Her love of sculpture began when she was at school in Gloucestershire where she was very fortunate to have a great sculpture teacher, who saved her from the hot-house of academia and has been a great inspiration even to this day!  After completing a degree in History of Art at Manchester University, Jane spent her early career with a London firm of Fine Art Valuers and Consultants travelling and living abroad before returning to London to set up and run a recruitment company, which she then sold after a decade.

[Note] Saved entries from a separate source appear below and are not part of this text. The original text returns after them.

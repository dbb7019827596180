ghost use Rattle.std.specs.Prelude.{◌≡◌, ◌↔◌, ◌<◌, ◌≤◌, ℕ, Some, IsTrue, MatchOption, IfOk, OnOk, OnErr, length, ◌||◌, if◌then◌else◌};
ghost use Rattle.graph_core.specs.State.{with_kind};
ghost use Rattle.net_machine.specs.CanBegin.{stands_at};
ghost use Rattle.net_machine.specs.Nodes.{is_endpoint, is_host, planned};
ghost use Rattle.net_machine.specs.Plans.{is_rx, is_tx};
ghost use Rattle.run_plans.specs.Firsts.{EachPlace, IsFirstWithout};
ghost use Rattle.run_plans.specs.Layouts.{FitsPlaced, IsLayout, StandIn, StandsAtNode, StandsIn, end_at, in_at, out_at};
ghost use Rattle.net_topology.specs.declared.plan.Plan.{Plan};
ghost use Rattle.run_plans.specs.Changes.{with_block};
ghost use Rattle.run_plans.specs.Refusals.{IsBlockRefusal, IsFirstOf, IsFree, IsUnused};

use crate::kinds::{is_among, is_on_host};
use crate::{BlockRefusal, Layout, PlacedBlock};
use block_library::BlockKind;
use chdr_words::Epid;
use graph_core::{Graph, Side};
use net_topology::{NodePlan, Topology};
use rf_base::Memory;

impl Layout {
    /// Why a block can't be placed; nothing if it can.
    ///
    /// Rule: docs/graph.md, "Blocks and streams".
    pub fn block_refusal(&self, tree: &Topology, block: &PlacedBlock) -> Option<BlockRefusal>
        ensures { IsBlockRefusal tree.now self.now block.now result }
    {
        if self.blocks.len() >= 32 {
            return Some(BlockRefusal::TooManyBlocks);
        }
        if let Some(epid) = nowhere(tree, block) {
            return Some(BlockRefusal::NoEndpoint { epid });
        }
        if let Some(epid) = self.used(block) {
            return Some(BlockRefusal::EndpointTaken { epid });
        }
        None
    }

    /// Places a block, and returns its number.
    ///
    /// At `Err` the layout stays, and the graph may have the block.
    pub fn place(&mut self, graph: &mut Graph, block: PlacedBlock) -> Result<u16, Memory>
        requires layout { IsLayout graph.old.diagram self.old }
        requires fits { FitsPlaced block }
        requires room { length self.old.blocks < 32 }
        requires free { IsFree self.old block }
        ensures number { IfOk result (λ number. number ≡ length self.old.blocks) }
        ensures ok { OnOk result (self.new ≡ with_block self.old block) }
        ensures graph { OnOk result (graph.new ≡ with_kind graph.old block.kind) }
        ensures kept { OnOk result (IsLayout graph.new.diagram self.new) }
        ensures stands { (tree : Plan) → StandIn tree self.old → StandsIn tree block →
            OnOk result (StandIn tree self.new) }
        ensures err { OnErr result (self.new ≡ self.old) }
    {
        let number = graph.add(block.kind)?;
        self.blocks.push(block)?;
        Ok(number)
    }

    /// The first EPID of the block that isn't free on its side.
    fn used(&self, block: &PlacedBlock) -> Option<Epid>
        ensures { MatchOption result
            (IsFree self.now block.now)
            (IsFirstOf (IsUnused (in_at self.now) block.now.ins) (IsUnused (out_at self.now) block.now.outs) block.now) }
    {
        match self.used_among(Side::Into, block.ins.as_slice()) {
            Some(epid) => Some(epid),
            None => self.used_among(Side::Out, block.outs.as_slice()),
        }
    }

    fn used_among(&self, side: Side, epids: &[Epid]) -> Option<Epid>
        ensures { MatchOption result
            (EachPlace (IsUnused (end_at side self.now) epids.now) epids.now)
            (IsFirstWithout (IsUnused (end_at side self.now) epids.now) epids.now) }
    {
        for (place, epid) in epids.iter().enumerate() {
            if !self.is_unused(side, epids, place, *epid) {
                return Some(*epid);
            }
        }
        None
    }

    /// Whether no block has the EPID on the side, nor an earlier place of the list.
    fn is_unused(&self, side: Side, epids: &[Epid], place: usize, epid: Epid) -> bool
        requires { place ≤ length epids.now }
        ensures { IsTrue result ↔ IsUnused (end_at side self.now) epids.now place epid }
    {
        !self.has_end(side, epid) && !is_among(epid, &epids[..place])
    }

    /// Whether a port on the side is at the EPID.
    fn has_end(&self, side: Side, epid: Epid) -> bool
        ensures { IsTrue result ↔ ((b : ℕ) × (i : ℕ) × (end_at side self.now b i ≡ Some epid)) }
    {
        for block in self.blocks.as_slice() {
            if is_among(epid, block.ends(side).as_slice()) {
                return true;
            }
        }
        false
    }
}

/// The first EPID of the block that no node of its sort has.
fn nowhere(tree: &Topology, block: &PlacedBlock) -> Option<Epid>
    ensures { MatchOption result
        (StandsIn tree.now block.now)
        (IsFirstOf (StandsAtNode tree.now block.now.kind) (StandsAtNode tree.now block.now.kind) block.now) }
{
    match nowhere_among(tree, block.kind, block.ins.as_slice()) {
        Some(epid) => Some(epid),
        None => nowhere_among(tree, block.kind, block.outs.as_slice()),
    }
}

fn nowhere_among(tree: &Topology, kind: BlockKind, epids: &[Epid]) -> Option<Epid>
    ensures { MatchOption result
        (EachPlace (StandsAtNode tree.now kind) epids.now)
        (IsFirstWithout (StandsAtNode tree.now kind) epids.now) }
{
    for epid in epids {
        if !stands_at(tree, kind, *epid) {
            return Some(*epid);
        }
    }
    None
}

/// Whether a node of the sort on which the kind stands has the EPID.
fn stands_at(tree: &Topology, kind: BlockKind, epid: Epid) -> bool
    ensures { result ≡ stands_at tree.now kind epid }
{
    match tree.node_of(epid) {
        Some(x) => match planned(tree, x) {
            Some(node) => stands_on(kind, node),
            None => false,
        },
        None => false,
    }
}

/// The node of this number, as it was planned.
fn planned(tree: &Topology, x: u16) -> Option<NodePlan>
    ensures { result ≡ planned tree.now x }
{
    tree.plan().nodes.as_slice().get(x as usize).copied()
}

/// Whether the node is of the sort on which the kind stands.
fn stands_on(kind: BlockKind, node: NodePlan) -> bool
    ensures { result ≡ (if is_tx kind || is_rx kind then is_host else is_endpoint) node }
{
    if is_on_host(kind) {
        is_host(node)
    } else {
        is_endpoint(node)
    }
}

fn is_host(node: NodePlan) -> bool
    ensures { result ≡ is_host node }
{
    match node {
        NodePlan::Host { .. } => true,
        NodePlan::Crossbar { .. } | NodePlan::Adapter | NodePlan::Endpoint { .. } => false,
    }
}

fn is_endpoint(node: NodePlan) -> bool
    ensures { result ≡ is_endpoint node }
{
    match node {
        NodePlan::Endpoint { .. } => true,
        NodePlan::Crossbar { .. } | NodePlan::Adapter | NodePlan::Host { .. } => false,
    }
}
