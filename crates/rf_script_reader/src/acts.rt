//! What a duplex does beside its run.
ghost use Rattle.std.specs.Prelude.{◌≡◌, IfOk, IfErr, Ok, Err};
ghost use Rattle.rf_script_parts.specs.Value.{IsFault};
ghost use Rattle.rf_script_reader.specs.Acts.{act_word, due_pair, due_of, operation_at, typed_parts, act_of_parts, act_words, control_act, unload_act, move_act, act, act_list, acts};
ghost use Rattle.serde_json.specs.View.{view, items_view};

use chdr_words::{Control, CtrlOp, CtrlStatus, Epid, Words15};
use rf_base::Items;
use rf_script_parts::entries::{Entries, read_entries};
use rf_script_parts::pair::Pair;
use rf_script_parts::value::{bad, element, listed, ranged, required, sized};
use rf_script_parts::words::{check_words, operation, word_list};
use rf_script_parts::wrong::Wrong;
use rf_script_types::{
    ACT_ADDR, ACT_LIMIT, ACT_PORT, ACT_SLOT, ACT_STREAM, ACT_TAKEN, ACT_TO, ACT_WORD, Act, ActWord,
    Acts, Due, Field, Why,
};
use serde_json::Value;
use std::alloc::Global;

/// The word that an act begins with.
#[tactic(auto, unfolding(crate::specs::Acts::act_word))]
fn act_word(entry: &Value) -> Result<ActWord, Wrong>
    ensures { result ≡ act_word (view entry.now) }
{
    match entry.get(0).and_then(Value::as_str) {
        Some(text) => listed(Field::Acts, ActWord::of_name(text)),
        None => Err(bad(Field::Acts, Why::WrongType)),
    }
}

/// `[stream, taken]`, whose ranges aren't looked at yet.
#[tactic(auto, unfolding(crate::specs::Acts::due_pair))]
fn due_pair(entry: &Value) -> Result<Pair, Wrong>
    ensures { result ≡ due_pair (view entry.now) }
{
    match entry.get(1) {
        Some(value) => {
            sized(Field::Acts, 2, value)?;
            let stream = element(Field::Acts, 0, value)?;
            let taken = element(Field::Acts, 1, value)?;
            Ok(Pair {
                first: stream,
                second: taken,
            })
        }
        None => Err(bad(Field::Acts, Why::WrongType)),
    }
}

#[tactic(auto, unfolding(crate::specs::Acts::due_of))]
fn due_of(pair: Pair) -> Result<Due, Wrong>
    ensures { result ≡ due_of pair }
{
    let stream = ranged(ACT_STREAM, pair.first)?;
    let taken = ranged(ACT_TAKEN, pair.second)?;
    Ok(Due {
        stream: stream as u16,
        taken,
    })
}

/// The operation of an item: none where the word isn't listed.
#[tactic(auto, unfolding(crate::specs::Acts::operation_at))]
fn operation_at(entry: &Value) -> Result<Option<CtrlOp>, Wrong>
    ensures { result ≡ operation_at (view entry.now) }
{
    match entry.get(4) {
        Some(value) => operation(Field::Acts, value),
        None => Err(bad(Field::Acts, Why::WrongType)),
    }
}

/// What the control request of an act has besides its words.
#[derive(Clone, Copy, Debug)]
pub struct Parts {
    pub due: Pair,
    pub to: u64,
    pub port: u64,
    pub op: Option<CtrlOp>,
    pub addr: u64,
}

/// The parts of a control act by their types.
#[tactic(auto, unfolding(crate::specs::Acts::typed_parts))]
fn typed_parts(entry: &Value) -> Result<Parts, Wrong>
    ensures { result ≡ typed_parts (view entry.now) }
{
    sized(Field::Acts, 7, entry)?;
    let due = due_pair(entry)?;
    let to = element(Field::Acts, 2, entry)?;
    let port = element(Field::Acts, 3, entry)?;
    let op = operation_at(entry)?;
    let addr = element(Field::Acts, 5, entry)?;
    Ok(Parts {
        due,
        to,
        port,
        op,
        addr,
    })
}

/// A control act, whose words are read.
#[tactic(auto, unfolding(crate::specs::Acts::act_of_parts))]
fn act_of_parts(host: Epid, number: u8, parts: Parts, words: Words15) -> Result<Act, Wrong>
    ensures { result ≡ act_of_parts host number parts words }
{
    let at = due_of(parts.due)?;
    let to = ranged(ACT_TO, parts.to)?;
    let port = ranged(ACT_PORT, parts.port)?;
    let op = listed(Field::Acts, parts.op)?;
    let addr = ranged(ACT_ADDR, parts.addr)?;
    Ok(Act::Control {
        at,
        to: Epid(to as u16),
        request: Control {
            src: host,
            ack: false,
            time: None,
            seq: number,
            src_port: 0,
            dst_port: port as u16,
            status: CtrlStatus::Okay,
            op,
            enables: 15,
            addr: addr as u32,
            words,
        },
    })
}

/// The words of a control act: all types before all ranges.
#[tactic(auto, unfolding(crate::specs::Acts::act_words))]
fn act_words(alloc: Global, entry: &Value) -> Result<Words15, Wrong>
    ensures ok { IfOk result (λ words. act_words (view entry.now) ≡ Ok words) }
    ensures err { IfErr result (λ e. IsFault e → act_words (view entry.now) ≡ Err e) }
{
    let Some(value) = entry.get(6) else {
        return Err(bad(Field::Acts, Why::WrongType));
    };
    match value.as_array() {
        Some(values) => {
            check_words(alloc, Field::Acts, values)?;
            word_list(alloc, ACT_WORD, values)
        }
        None => Err(bad(Field::Acts, Why::WrongType)),
    }
}

/// `["control", due, to, port, op, addr, words]`
#[tactic(auto, unfolding(crate::specs::Acts::control_act))]
fn control_act(alloc: Global, host: Epid, number: u8, entry: &Value) -> Result<Act, Wrong>
    ensures ok { IfOk result (λ made. control_act host number (view entry.now) ≡ Ok made) }
    ensures err { IfErr result (λ e. IsFault e → control_act host number (view entry.now) ≡ Err e) }
{
    let parts = typed_parts(entry)?;
    let words = act_words(alloc, entry)?;
    act_of_parts(host, number, parts, words)
}

/// `["unload", due, port]`
#[tactic(auto, unfolding(crate::specs::Acts::unload_act))]
fn unload_act(entry: &Value) -> Result<Act, Wrong>
    ensures { result ≡ unload_act (view entry.now) }
{
    sized(Field::Acts, 3, entry)?;
    let due = due_pair(entry)?;
    let port = element(Field::Acts, 2, entry)?;
    let at = due_of(due)?;
    let port = ranged(ACT_SLOT, port)?;
    Ok(Act::Unload {
        at,
        port: port as u16,
    })
}

/// `["move", due, from, to]`, between two ports.
#[tactic(auto, unfolding(crate::specs::Acts::move_act))]
fn move_act(entry: &Value) -> Result<Act, Wrong>
    ensures { result ≡ move_act (view entry.now) }
{
    sized(Field::Acts, 4, entry)?;
    let due = due_pair(entry)?;
    let from = element(Field::Acts, 2, entry)?;
    let to = element(Field::Acts, 3, entry)?;
    let at = due_of(due)?;
    let from = ranged(ACT_SLOT, from)?;
    let to = ranged(ACT_SLOT, to)?;
    if from == to {
        return Err(bad(Field::Acts, Why::Range));
    }
    Ok(Act::Move {
        at,
        from: from as u16,
        to: to as u16,
    })
}

/// An act, whose length goes by its word.
#[tactic(auto, unfolding(crate::specs::Acts::act))]
fn act(alloc: Global, host: Epid, number: u8, entry: &Value) -> Result<Act, Wrong>
    ensures ok { IfOk result (λ made. act host number (view entry.now) ≡ Ok made) }
    ensures err { IfErr result (λ e. IsFault e → act host number (view entry.now) ≡ Err e) }
{
    match act_word(entry)? {
        ActWord::Control => control_act(alloc, host, number, entry),
        ActWord::Unload => unload_act(entry),
        ActWord::Move => move_act(entry),
    }
}

/// The acts that were read of a list.
#[derive(Debug, Drop)]
pub struct ActsSoFar {
    pub host: Epid,
    pub list: Acts,
}

impl Entries for ActsSoFar {
    ghost use Rattle.rf_script_reader.specs.Acts.{more_acts};

    ghost step = { more_acts };

    fn add(&mut self, alloc: Global, entry: &Value) -> Result<(), Wrong> {
        let number = (self.list.len() % 64) as u8;
        let act = act(alloc, self.host, number, entry)?;
        match self.list.push(act) {
            Ok(()) => Ok(()),
            Err(_) => Err(Wrong::Memory),
        }
    }
}

#[tactic(auto, using(crate::proofs::Lengths::lengths), unfolding(crate::specs::Acts::act_list))]
fn act_list(alloc: Global, host: Epid, values: &Vec<Value>) -> Result<Acts, Wrong>
    ensures ok { IfOk result (λ list. act_list host (items_view values.now.items) ≡ Ok list) }
    ensures err { IfErr result
        (λ e. IsFault e → act_list host (items_view values.now.items) ≡ Err e) }
{
    if values.is_empty() || values.len() > ACT_LIMIT {
        return Err(bad(Field::Acts, Why::Range));
    }
    let before = ActsSoFar {
        host,
        list: Items::new(alloc),
    };
    let all = read_entries(alloc, before, values)?;
    Ok(all.list)
}

/// The field `acts`.
#[tactic(auto, unfolding(crate::specs::Acts::acts))]
pub(crate) fn acts(alloc: Global, host: Epid, command: &Value) -> Result<Acts, Wrong>
    ensures ok { IfOk result (λ list. acts host (view command.now) ≡ Ok list) }
    ensures err { IfErr result (λ e. IsFault e → acts host (view command.now) ≡ Err e) }
{
    match required(Field::Acts, Field::Acts, command) {
        Ok(value) => match value.as_array() {
            Some(values) => act_list(alloc, host, values),
            None => Err(bad(Field::Acts, Why::WrongType)),
        },
        Err(wrong) => Err(wrong),
    }
}
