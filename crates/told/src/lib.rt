// What a station tells of a note and of a list that went, without the chip that it hands back. What was refused is told as a Refusal. Assumes
// nothing.
#![tactic(auto)]

ghost use Rattle.std.specs.Prelude.{◌≡◌};
ghost use Rattle.told.specs.Answers.{told_zeros, told_ticks};

use common::Refusal;

// Of a note: the zeros inserted and the ticks with both flags.
#[derive(Clone, Copy)]
pub struct Gone {
    pub zeros: usize,
    pub ticks: usize,
}

// Of a list: how many notes and how many ticks in all.
#[derive(Clone, Copy)]
pub struct Total {
    pub notes: usize,
    pub ticks: usize,
}

// The zeros inserted into a note, 0 where it was refused.
pub fn zeros(told: Result<Gone, Refusal>) -> usize
    ensures { result ≡ told_zeros told }
{
    told.unwrap_or(Gone { zeros: 0, ticks: 0 }).zeros
}

// Its ticks with both flags, 0 where it was refused.
pub fn ticks(told: Result<Gone, Refusal>) -> usize
    ensures { result ≡ told_ticks told }
{
    told.unwrap_or(Gone { zeros: 0, ticks: 0 }).ticks
}
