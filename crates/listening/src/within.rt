// Most receive ticks, in a form of their own: a bit of content behind a full delay that ends no character, no flag and no abort. It is small,
// so that the calls of a chip hold it in themselves (bench/README.md). Assumes nothing.
ghost use Rattle.std.specs.Prelude.{◌≡◌};
ghost use Rattle.sdlc.specs.Within.{fewer_than, ones_after, count_after, hears_on, moved_on};

use crate::{FLAG, FULL, INSERTED, LAST, ones_counted, shift_in};
use line::{SDLC, check_step};
use sdlc::{Chars, Content, Listener};

// So many ones may stand before such a bit.
fn fewer_than(b: bool) -> u8
    ensures { result ≡ fewer_than b }
{
    if b { FLAG } else { INSERTED }
}

// The ones in a row after a bit.
fn ones_after(b: bool, ones: u8) -> u8
    ensures { result ≡ ones_after ones b }
{
    if b { ones_counted(ones) } else { 0 }
}

// The bits of a character with one more. bytesync has this line too: in a crate below both it would be longer.
fn count_after(n: u8) -> u8
    ensures { result ≡ count_after n }
{
    if n < LAST { n + 1 } else { 0 }
}

// This bit is such a one.
#[tactic(auto, unfolding(sdlc::specs::Within::hears_on))]
pub fn hears_within(s: Listener, bit: bool) -> bool
    ensures { result ≡ hears_on s bit }
{
    let c = s.content;
    !s.broken
        & (!c.hunt
            & (!c.skip
                & ((c.ones < fewer_than(bit)) & (!(c.delay < FULL) & (c.chars.count < LAST)))))
}

// The receiver after it, if so.
#[tactic(auto, unfolding(sdlc::specs::Within::moved_on))]
pub fn hear_within(s: Listener, b: bool) -> Listener
    ensures { result ≡ moved_on s b }
{
    let was = s.content;
    let k = was.chars;
    let d = was.delay;
    let out = d / 64 % 2 == 1;
    let chars = Chars {
        count: count_after(k.count),
        part: shift_in(out, k.part),
        ..k
    };
    Listener {
        content: Content {
            hunt: false,
            skip: false,
            ones: ones_after(b, was.ones),
            delay: FULL + d % 64 * 2 + u8::from(b),
            chars,
        },
        check: check_step(SDLC, s.check, out),
        broken: s.broken,
    }
}
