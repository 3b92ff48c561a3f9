// 01, Receiving, SDLC: flags, aborts, the seven-bit delay, characters and their check, address search. Assumes nothing.
#![tactic(auto)]

mod within;

ghost use Rattle.std.specs.Prelude.{◌≡◌};
ghost use Rattle.sdlc.specs.Hearing.{ones_counted, shift_in, wrong, listener, unheard, dropping, with_ones, unmarked, accept, push, closing, one, zero_bit, hear_sdlc};

pub use crate::within::{hear_within, hears_within};
use entry::Entry;
use line::{ONES, SDLC, check_step};
use sdlc::{Addressing, Chars, Content, Listened, Listener};

// The least of the full delays.
const FULL: u8 = 128;

// The place of a character's last bit.
const LAST: u8 = 7;

// What a good frame leaves in the check.
const REMAINDER: u16 = 0x1D0F;

// Ones in a row before a dropped zero, before a flag's last zero, and in an abort.
const INSERTED: u8 = 5;

const FLAG: u8 = 6;

const ABORT: u8 = 7;

// The address that every station takes for its own.
const EVERYONE: u8 = 0xFF;

// Ones in a row; more than an abort's are counted as its seven.
fn ones_counted(ones: u8) -> u8
    ensures { result ≡ ones_counted ones }
{
    if ones < ABORT { ones + 1 } else { ABORT }
}

// A bit enters a character from above.
fn shift_in(b: bool, part: u8) -> u8
    ensures { result ≡ shift_in b part }
{
    part / 2 + u8::from(b) * 128
}

// The first byte v of a frame (none is held) is neither the address nor everyone's.
fn wrong(g: Addressing, held: Option<u8>, v: u8) -> bool
    ensures { result ≡ wrong g held v }
{
    g.search & (held.is_none() & ((v != g.address) & (v != EVERYONE)))
}

// A tick that hands nothing over.
fn unheard(listener: Listener) -> Listened
    ensures { result ≡ unheard listener }
{
    Listened {
        listener,
        entry: None,
    }
}

// The character held, if one is, without a mark.
fn unmarked(held: Option<u8>) -> Option<Entry>
    ensures { result ≡ unmarked held }
{
    held.map(|v| Entry::received(v, false, false, false, false))
}

// It ends the frame: with the end mark, and with a bad check or not.
fn closing(c: Chars, check: u16) -> Option<Entry>
    ensures { result ≡ closing c check }
{
    let bad = !((c.count == 0) & (check == REMAINDER));
    c.held.map(|v| Entry::received(v, false, false, true, bad))
}

// Between two flags, with these ones in a row, this delay and these characters; check and D7.
fn listener(ones: u8, delay: u8, chars: Chars, check: u16, broken: bool) -> Listener
    ensures { result ≡ listener ones delay chars check broken }
{
    Listener {
        content: Content {
            hunt: false,
            skip: false,
            ones,
            delay,
            chars,
        },
        check,
        broken,
    }
}

// The frame is dropped until a flag.
fn dropping(ones: u8, check: u16, broken: bool) -> Listener
    ensures { result ≡ dropping ones check broken }
{
    Listener {
        content: Content::at(false, true, ones),
        check,
        broken,
    }
}

// A bit b leaves the delay behind characters c; with its eighth a character is held, and the one held before is queued.
#[tactic(auto, unfolding(sdlc::specs::Hearing::accept))]
fn accept(g: Addressing, c: Chars, k: u16, ones: u8, broken: bool, delay: u8, b: bool) -> Listened
    ensures { result ≡ accept g c k ones broken delay b }
{
    let part = shift_in(b, c.part);
    let check = check_step(SDLC, k, b);
    if c.count < LAST {
        let chars = Chars {
            count: c.count + 1,
            part,
            ..c
        };
        return unheard(listener(ones, delay, chars, check, broken));
    }
    if wrong(g, c.held, part) {
        return unheard(dropping(ones, check, broken));
    }
    let chars = Chars {
        count: 0,
        part: 0,
        held: Some(part),
    };
    Listened {
        listener: listener(ones, delay, chars, check, broken),
        entry: unmarked(c.held),
    }
}

// A bit of content enters the delay; a full one gives its oldest.
#[tactic(auto, unfolding(sdlc::specs::Hearing::push))]
fn push(g: Addressing, s: Listener, ones: u8, broken: bool, b: bool) -> Listened
    ensures { result ≡ push g s ones broken b }
{
    let d = s.content.delay;
    let v = u8::from(b);
    if d < FULL {
        return unheard(listener(ones, d * 2 + v, s.content.chars, s.check, broken));
    }
    accept(
        g,
        s.content.chars,
        s.check,
        ones,
        broken,
        FULL + d % 64 * 2 + v,
        d / 64 % 2 == 1,
    )
}

// The ones in a row, and nothing else of the content, change; D7 as given.
fn with_ones(mut s: Listener, ones: u8, broken: bool) -> Listener
    ensures { result ≡ with_ones s ones broken }
{
    s.content.ones = ones;
    s.broken = broken;
    s
}

// A 1 on the line.
#[tactic(auto, unfolding(sdlc::specs::Hearing::one))]
fn one(g: Addressing, s: Listener) -> Listened
    ensures { result ≡ one g s }
{
    let n = s.content.ones;
    if s.content.hunt {
        return unheard(with_ones(s, ones_counted(n), s.broken));
    }
    if n < FLAG {
        if s.content.skip {
            return unheard(with_ones(s, n + 1, s.broken));
        }
        return push(g, s, n + 1, s.broken, true);
    }
    unheard(dropping(ABORT, s.check, true))
}

// A 0 on the line.
#[tactic(auto, unfolding(sdlc::specs::Hearing::zero_bit))]
fn zero_bit(g: Addressing, s: Listener) -> Listened
    ensures { result ≡ zero_bit g s }
{
    let n = s.content.ones;
    let deaf = s.content.hunt | s.content.skip;
    if n == FLAG {
        return Listened {
            listener: Listener {
                content: Content::at(false, false, 0),
                check: ONES,
                broken: false,
            },
            entry: if deaf {
                None
            } else {
                closing(s.content.chars, s.check)
            },
        };
    }
    if deaf {
        return unheard(with_ones(s, 0, false));
    }
    if n == INSERTED {
        return unheard(with_ones(s, 0, false));
    }
    push(g, s, 0, false, false)
}

// One receive tick while on.
#[tactic(auto, unfolding(sdlc::specs::Hearing::hear_sdlc))]
pub fn hear(s: Listener, g: Addressing, bit: bool) -> Listened
    ensures { result ≡ hear_sdlc g s bit }
{
    if bit { one(g, s) } else { zero_bit(g, s) }
}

On moving to Dorset in 2013, she revived her love for sculpture inspired by her life long interest in wildlife, and the outdoors.  Jane is passionate about capturing the overall emotion and movement of animals and wildlife in her bronze sculptures. Her focus is to portray the character and emotion of each individual animal by using fluid, spontaneous and strong gestural strokes in any material she uses.  Jane does not shy away from the ugly –  as she says: ‘Ugly is beautiful’ and can create a statement of feeling through any subject she chooses, whether wildlife, domestic animals, equestrian or figurative.  Often working directly from life, she produces bronzes for both inside the home as well as garden pieces on a larger scale.

Jane’s total passion for her work, has led her to win several sculpture awards, and continues with her own sculpture projects alongside commissions,  mainly focusing on wildlife and animals.  Jane Shaw’s works are held in the finest public and private collections around the world, and can be viewed with Muse Sculpture Co Luckman Park, Wiltshire, and at major art and decorative fairs.